• _What the exercise asks_
Please take the lines from the one holding "pub(crate) fn add(line: &mut" through the one holding "pub(crate) fn add_word(line: &mut" in the data below and copy them exactly.

(Collected data entries)
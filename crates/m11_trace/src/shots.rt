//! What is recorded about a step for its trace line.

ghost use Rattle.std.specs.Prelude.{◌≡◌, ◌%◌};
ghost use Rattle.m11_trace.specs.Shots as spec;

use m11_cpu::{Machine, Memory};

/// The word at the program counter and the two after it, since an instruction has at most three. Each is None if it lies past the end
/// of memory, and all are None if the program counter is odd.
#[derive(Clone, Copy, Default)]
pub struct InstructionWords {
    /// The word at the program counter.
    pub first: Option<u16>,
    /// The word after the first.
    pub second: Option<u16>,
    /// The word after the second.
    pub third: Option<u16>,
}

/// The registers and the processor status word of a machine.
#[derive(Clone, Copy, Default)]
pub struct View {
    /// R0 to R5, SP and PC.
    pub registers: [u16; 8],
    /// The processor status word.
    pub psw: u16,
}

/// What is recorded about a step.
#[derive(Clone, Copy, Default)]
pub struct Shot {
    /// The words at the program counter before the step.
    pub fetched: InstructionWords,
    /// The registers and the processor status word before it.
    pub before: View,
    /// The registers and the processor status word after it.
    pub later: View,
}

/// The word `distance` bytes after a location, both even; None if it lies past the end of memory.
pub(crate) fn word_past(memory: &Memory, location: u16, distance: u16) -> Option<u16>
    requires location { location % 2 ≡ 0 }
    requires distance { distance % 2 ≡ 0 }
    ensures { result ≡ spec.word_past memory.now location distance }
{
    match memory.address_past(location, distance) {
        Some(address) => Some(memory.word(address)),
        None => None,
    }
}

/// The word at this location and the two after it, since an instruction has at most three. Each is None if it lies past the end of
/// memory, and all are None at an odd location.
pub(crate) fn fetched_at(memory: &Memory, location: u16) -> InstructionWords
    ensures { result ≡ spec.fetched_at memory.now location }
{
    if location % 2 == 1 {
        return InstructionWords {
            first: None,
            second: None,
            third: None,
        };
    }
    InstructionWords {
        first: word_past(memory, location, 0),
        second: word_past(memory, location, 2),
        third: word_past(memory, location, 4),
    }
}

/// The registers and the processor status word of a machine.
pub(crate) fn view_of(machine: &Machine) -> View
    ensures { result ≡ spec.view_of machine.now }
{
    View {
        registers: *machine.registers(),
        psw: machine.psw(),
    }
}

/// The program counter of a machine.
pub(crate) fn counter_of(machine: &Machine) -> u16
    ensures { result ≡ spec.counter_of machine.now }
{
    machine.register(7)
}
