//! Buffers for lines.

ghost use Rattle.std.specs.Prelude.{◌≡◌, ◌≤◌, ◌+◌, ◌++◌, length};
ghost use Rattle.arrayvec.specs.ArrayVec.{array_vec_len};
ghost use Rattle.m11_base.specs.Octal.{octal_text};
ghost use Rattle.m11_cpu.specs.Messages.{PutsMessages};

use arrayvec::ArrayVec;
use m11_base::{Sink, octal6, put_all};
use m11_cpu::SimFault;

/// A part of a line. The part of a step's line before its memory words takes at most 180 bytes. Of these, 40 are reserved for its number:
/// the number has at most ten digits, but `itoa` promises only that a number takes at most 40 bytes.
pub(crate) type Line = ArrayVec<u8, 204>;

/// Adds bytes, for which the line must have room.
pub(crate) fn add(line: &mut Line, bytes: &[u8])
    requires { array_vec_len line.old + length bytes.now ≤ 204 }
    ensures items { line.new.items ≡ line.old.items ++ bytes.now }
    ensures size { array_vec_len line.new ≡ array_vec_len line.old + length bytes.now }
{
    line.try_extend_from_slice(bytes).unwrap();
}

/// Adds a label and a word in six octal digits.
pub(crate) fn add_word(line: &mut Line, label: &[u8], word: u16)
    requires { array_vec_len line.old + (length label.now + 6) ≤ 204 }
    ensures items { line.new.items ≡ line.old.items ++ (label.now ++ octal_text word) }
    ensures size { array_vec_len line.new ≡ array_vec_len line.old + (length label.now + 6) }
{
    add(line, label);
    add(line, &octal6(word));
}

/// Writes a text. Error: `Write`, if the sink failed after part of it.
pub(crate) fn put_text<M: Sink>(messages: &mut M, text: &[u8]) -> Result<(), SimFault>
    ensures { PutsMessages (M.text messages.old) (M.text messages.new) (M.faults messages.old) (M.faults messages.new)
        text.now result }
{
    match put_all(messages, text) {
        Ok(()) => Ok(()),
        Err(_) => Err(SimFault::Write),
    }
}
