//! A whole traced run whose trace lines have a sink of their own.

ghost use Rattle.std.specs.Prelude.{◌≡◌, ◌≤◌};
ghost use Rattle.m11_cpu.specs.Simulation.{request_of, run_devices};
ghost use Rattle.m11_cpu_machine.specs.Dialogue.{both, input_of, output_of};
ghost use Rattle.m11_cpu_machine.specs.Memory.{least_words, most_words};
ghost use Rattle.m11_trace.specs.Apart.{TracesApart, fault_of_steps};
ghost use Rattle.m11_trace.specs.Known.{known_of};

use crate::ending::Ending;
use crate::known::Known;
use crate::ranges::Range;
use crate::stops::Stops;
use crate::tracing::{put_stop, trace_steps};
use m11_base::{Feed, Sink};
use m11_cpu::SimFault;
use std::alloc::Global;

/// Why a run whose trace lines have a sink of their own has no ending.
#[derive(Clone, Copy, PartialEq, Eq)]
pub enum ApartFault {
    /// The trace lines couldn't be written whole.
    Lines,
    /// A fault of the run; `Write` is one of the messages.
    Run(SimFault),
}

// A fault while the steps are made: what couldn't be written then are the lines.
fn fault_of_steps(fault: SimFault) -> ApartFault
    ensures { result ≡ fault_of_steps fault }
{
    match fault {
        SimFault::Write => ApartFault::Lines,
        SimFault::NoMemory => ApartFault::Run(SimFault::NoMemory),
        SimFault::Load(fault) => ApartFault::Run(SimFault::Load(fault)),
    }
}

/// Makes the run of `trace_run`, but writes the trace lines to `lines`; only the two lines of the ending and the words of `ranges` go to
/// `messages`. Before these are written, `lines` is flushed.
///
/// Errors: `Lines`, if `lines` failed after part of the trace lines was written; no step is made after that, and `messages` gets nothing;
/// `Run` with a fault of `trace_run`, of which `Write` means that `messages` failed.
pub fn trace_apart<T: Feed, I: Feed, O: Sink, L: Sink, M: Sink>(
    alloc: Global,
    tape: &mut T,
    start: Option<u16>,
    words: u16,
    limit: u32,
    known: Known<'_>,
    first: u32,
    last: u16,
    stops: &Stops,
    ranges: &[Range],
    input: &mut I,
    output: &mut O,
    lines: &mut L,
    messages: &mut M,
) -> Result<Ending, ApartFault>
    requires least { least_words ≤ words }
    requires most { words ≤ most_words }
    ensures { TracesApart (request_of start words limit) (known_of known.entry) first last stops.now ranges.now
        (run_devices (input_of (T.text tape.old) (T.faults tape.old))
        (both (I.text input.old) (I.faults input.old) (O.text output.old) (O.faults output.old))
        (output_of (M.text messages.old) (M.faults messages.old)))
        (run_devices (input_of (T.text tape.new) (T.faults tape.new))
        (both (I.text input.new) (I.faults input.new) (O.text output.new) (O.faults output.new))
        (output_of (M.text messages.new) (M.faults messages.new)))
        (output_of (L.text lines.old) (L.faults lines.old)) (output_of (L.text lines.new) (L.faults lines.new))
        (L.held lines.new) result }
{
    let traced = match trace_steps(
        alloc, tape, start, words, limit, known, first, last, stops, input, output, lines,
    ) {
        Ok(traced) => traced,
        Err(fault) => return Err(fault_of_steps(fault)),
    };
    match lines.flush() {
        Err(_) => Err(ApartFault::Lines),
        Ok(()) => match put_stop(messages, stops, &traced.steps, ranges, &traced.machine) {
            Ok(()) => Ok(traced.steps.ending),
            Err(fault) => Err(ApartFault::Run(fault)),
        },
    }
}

...

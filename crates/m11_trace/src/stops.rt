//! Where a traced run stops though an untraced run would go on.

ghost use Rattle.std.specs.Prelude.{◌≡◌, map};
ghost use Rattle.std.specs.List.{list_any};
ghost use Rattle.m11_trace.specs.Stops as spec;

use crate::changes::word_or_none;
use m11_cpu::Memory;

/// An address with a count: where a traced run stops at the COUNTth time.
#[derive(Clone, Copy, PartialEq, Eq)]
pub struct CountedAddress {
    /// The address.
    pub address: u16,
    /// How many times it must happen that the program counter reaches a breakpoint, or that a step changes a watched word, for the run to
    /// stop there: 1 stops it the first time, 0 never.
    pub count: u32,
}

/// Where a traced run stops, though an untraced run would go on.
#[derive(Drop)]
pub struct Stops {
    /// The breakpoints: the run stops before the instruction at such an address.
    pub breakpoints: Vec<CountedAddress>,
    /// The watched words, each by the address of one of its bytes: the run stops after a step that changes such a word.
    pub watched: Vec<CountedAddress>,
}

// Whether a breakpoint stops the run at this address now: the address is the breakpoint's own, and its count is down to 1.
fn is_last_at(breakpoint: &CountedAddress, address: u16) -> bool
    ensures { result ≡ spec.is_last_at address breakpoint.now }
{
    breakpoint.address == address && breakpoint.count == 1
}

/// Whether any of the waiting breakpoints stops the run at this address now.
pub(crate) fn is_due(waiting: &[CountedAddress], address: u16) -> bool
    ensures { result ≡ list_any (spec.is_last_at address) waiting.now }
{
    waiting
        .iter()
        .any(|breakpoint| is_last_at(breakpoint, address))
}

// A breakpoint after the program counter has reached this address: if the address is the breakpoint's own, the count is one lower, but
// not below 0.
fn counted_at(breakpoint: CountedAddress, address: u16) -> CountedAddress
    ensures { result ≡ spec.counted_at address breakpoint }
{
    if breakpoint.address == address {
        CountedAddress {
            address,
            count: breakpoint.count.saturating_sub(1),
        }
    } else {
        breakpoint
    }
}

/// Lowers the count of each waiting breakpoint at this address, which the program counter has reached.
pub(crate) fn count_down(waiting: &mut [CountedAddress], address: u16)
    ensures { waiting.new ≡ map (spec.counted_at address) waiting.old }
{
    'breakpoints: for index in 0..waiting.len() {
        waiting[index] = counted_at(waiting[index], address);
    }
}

---

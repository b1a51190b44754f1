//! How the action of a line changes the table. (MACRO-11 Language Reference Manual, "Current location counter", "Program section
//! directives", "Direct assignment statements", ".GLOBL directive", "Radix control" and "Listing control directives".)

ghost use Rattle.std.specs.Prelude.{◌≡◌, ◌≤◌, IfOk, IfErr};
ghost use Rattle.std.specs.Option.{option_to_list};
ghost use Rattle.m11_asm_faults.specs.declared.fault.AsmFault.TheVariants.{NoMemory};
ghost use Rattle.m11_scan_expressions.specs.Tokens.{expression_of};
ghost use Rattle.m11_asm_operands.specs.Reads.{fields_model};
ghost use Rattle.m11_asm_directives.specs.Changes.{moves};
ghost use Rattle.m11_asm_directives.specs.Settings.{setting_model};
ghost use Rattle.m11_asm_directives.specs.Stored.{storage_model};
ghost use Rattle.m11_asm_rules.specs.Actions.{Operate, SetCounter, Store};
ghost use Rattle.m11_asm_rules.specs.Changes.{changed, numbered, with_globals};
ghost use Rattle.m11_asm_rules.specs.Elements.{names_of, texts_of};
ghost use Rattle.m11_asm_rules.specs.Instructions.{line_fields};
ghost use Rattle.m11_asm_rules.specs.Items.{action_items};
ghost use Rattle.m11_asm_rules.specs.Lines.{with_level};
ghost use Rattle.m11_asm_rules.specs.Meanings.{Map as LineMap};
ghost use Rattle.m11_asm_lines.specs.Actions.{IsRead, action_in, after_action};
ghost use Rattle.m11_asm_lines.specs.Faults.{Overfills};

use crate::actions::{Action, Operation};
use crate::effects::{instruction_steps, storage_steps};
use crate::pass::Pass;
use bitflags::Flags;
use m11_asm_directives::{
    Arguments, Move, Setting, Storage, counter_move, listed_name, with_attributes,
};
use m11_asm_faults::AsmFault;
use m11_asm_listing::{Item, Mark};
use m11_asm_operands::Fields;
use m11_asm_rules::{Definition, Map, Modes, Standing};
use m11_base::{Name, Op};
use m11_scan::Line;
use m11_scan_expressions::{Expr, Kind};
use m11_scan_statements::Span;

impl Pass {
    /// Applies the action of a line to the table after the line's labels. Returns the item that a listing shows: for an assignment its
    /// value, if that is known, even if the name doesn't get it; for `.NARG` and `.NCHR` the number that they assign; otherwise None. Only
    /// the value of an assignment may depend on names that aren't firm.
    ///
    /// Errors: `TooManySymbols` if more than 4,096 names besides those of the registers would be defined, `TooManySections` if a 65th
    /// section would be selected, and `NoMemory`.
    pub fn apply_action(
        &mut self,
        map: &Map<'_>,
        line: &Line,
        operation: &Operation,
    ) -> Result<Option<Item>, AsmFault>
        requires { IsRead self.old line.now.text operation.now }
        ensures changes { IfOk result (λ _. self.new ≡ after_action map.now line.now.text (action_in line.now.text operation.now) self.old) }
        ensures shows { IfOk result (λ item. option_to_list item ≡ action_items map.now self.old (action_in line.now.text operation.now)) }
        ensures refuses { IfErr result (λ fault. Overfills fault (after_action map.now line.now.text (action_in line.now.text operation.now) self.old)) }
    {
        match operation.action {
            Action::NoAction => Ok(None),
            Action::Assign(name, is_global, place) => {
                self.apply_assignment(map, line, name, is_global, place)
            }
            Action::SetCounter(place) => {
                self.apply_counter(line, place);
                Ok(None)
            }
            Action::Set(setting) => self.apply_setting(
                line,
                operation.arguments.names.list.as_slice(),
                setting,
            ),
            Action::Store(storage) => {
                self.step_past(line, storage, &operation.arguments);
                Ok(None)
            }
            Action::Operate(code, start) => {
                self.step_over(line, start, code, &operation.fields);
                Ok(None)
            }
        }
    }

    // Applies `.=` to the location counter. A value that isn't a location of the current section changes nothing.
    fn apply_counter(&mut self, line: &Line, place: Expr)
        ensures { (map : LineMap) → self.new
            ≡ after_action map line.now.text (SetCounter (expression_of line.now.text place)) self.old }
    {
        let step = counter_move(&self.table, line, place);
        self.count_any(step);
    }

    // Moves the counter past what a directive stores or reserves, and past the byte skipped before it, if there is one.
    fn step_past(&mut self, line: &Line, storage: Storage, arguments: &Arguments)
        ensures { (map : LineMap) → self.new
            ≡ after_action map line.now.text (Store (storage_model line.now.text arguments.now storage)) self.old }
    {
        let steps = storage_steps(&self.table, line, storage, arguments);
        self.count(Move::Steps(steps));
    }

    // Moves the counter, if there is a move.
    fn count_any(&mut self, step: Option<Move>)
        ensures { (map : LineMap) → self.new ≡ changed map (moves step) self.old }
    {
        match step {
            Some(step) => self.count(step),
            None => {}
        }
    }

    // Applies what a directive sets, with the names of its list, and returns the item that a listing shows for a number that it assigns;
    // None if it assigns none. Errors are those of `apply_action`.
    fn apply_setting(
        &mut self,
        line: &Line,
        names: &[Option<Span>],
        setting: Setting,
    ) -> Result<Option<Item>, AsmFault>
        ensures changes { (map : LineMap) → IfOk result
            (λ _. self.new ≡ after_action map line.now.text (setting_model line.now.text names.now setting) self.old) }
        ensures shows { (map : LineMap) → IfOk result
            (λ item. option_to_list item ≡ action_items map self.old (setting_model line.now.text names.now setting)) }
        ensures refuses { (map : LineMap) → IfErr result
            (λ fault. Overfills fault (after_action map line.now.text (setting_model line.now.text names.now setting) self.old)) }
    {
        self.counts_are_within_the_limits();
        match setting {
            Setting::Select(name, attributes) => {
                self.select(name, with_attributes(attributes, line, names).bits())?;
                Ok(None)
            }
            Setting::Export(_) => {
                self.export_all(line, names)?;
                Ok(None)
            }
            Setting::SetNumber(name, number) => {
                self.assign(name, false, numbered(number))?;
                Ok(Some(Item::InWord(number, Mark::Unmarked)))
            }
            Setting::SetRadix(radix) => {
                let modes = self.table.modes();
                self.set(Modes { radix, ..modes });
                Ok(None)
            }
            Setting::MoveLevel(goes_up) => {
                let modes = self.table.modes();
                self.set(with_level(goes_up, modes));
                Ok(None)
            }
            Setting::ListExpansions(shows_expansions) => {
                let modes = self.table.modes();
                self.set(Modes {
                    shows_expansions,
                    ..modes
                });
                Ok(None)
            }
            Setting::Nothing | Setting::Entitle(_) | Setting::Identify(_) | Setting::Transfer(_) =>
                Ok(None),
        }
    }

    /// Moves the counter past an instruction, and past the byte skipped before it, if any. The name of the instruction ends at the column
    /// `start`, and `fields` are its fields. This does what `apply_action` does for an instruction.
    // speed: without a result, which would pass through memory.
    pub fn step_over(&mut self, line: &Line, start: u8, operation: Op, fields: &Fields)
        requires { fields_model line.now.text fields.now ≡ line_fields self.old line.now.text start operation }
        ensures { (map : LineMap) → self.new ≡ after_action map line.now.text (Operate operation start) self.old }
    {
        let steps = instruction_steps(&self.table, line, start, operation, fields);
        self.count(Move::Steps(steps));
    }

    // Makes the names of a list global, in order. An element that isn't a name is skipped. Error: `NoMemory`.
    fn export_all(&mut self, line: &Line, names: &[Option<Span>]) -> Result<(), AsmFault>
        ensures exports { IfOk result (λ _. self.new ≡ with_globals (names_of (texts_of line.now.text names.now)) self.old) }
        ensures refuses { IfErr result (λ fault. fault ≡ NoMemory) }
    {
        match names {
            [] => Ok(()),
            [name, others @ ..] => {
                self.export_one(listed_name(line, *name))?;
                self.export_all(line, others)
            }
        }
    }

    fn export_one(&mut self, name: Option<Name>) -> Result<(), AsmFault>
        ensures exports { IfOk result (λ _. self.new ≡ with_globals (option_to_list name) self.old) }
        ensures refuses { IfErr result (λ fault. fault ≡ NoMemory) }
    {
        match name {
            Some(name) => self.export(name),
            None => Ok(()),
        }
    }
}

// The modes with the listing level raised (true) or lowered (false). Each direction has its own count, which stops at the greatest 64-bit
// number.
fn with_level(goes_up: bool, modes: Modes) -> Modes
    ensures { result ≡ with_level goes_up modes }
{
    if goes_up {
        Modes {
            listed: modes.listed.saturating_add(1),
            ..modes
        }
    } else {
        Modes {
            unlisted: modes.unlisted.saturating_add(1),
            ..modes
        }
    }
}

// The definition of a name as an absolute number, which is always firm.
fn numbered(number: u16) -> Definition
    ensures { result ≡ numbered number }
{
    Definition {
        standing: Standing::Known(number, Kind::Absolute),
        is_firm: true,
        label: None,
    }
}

• _Answer space_
pub(crate) fn add(line: &mut Line, bytes: &[u8])
    requires { array_vec_len line.old + length bytes.now ≤ 204 }
    ensures items { line.new.items ≡ line.old.items ++ bytes.now }
    ensures size { array_vec_len line.new ≡ array_vec_len line.old + length bytes.now }
{
    line.try_extend_from_slice(bytes).unwrap();
}

/// Adds a label and a word in six octal digits.
pub(crate) fn add_word(line: &mut Line, label: &[u8], word: u16)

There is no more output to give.